Exercise input START
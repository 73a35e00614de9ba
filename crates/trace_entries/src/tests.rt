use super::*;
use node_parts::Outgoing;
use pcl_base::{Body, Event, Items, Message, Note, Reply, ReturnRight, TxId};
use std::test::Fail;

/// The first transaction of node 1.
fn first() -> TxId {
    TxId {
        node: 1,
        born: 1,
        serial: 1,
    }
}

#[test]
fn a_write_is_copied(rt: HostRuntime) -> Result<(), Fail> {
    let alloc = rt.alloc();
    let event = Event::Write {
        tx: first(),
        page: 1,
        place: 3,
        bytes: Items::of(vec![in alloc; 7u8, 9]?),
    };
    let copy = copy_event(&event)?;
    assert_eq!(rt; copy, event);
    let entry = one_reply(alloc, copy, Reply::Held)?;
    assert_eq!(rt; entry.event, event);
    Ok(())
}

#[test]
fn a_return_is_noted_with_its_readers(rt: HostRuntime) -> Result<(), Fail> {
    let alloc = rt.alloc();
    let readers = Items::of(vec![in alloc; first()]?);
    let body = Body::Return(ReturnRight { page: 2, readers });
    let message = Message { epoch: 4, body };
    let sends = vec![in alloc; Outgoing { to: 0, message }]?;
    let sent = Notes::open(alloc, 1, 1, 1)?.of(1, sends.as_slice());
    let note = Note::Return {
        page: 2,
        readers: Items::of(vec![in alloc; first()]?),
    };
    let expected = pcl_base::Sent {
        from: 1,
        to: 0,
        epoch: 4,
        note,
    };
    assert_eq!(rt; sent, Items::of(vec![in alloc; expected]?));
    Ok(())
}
Exercise input END
**About this exercise:** Each line of the data must be written out exactly as it appears.

**Answer to the exercise:**
repository 73a35e00614de9ba
filename crates/trace_entries/src/tests.rt
use super::*;
use node_parts::Outgoing;
use pcl_base::{Body, Event, Items, Message, Note, Reply, ReturnRight, TxId};
use std::test::Fail;

/// The first transaction of node 1.
fn first() -> TxId {
    TxId {
        node: 1,
        born: 1,
        serial: 1,
    }
}

#[test]
fn a_write_is_copied(rt: HostRuntime) -> Result<(), Fail> {
    let alloc = rt.alloc();
    let event = Event::Write {
        tx: first(),
        page: 1,
        place: 3,
        bytes: Items::of(vec![in alloc; 7u8, 9]?),
    };
    let copy = copy_event(&event)?;
    assert_eq!(rt; copy, event);
    let entry = one_reply(alloc, copy, Reply::Held)?;
    assert_eq!(rt; entry.event, event);
    Ok(())
}

#[test]
fn a_return_is_noted_with_its_readers(rt: HostRuntime) -> Result<(), Fail> {
    let alloc = rt.alloc();
    let readers = Items::of(vec![in alloc; first()]?);
    let body = Body::Return(ReturnRight { page: 2, readers });
    let message = Message { epoch: 4, body };
    let sends = vec![in alloc; Outgoing { to: 0, message }]?;
    let sent = Notes::open(alloc, 1, 1, 1)?.of(1, sends.as_slice());
    let note = Note::Return {
        page: 2,
        readers: Items::of(vec![in alloc; first()]?),
    };
    let expected = pcl_base::Sent {
        from: 1,
        to: 0,
        epoch: 4,
        note,
    };
    assert_eq!(rt; sent, Items::of(vec![in alloc; expected]?));
    Ok(())
}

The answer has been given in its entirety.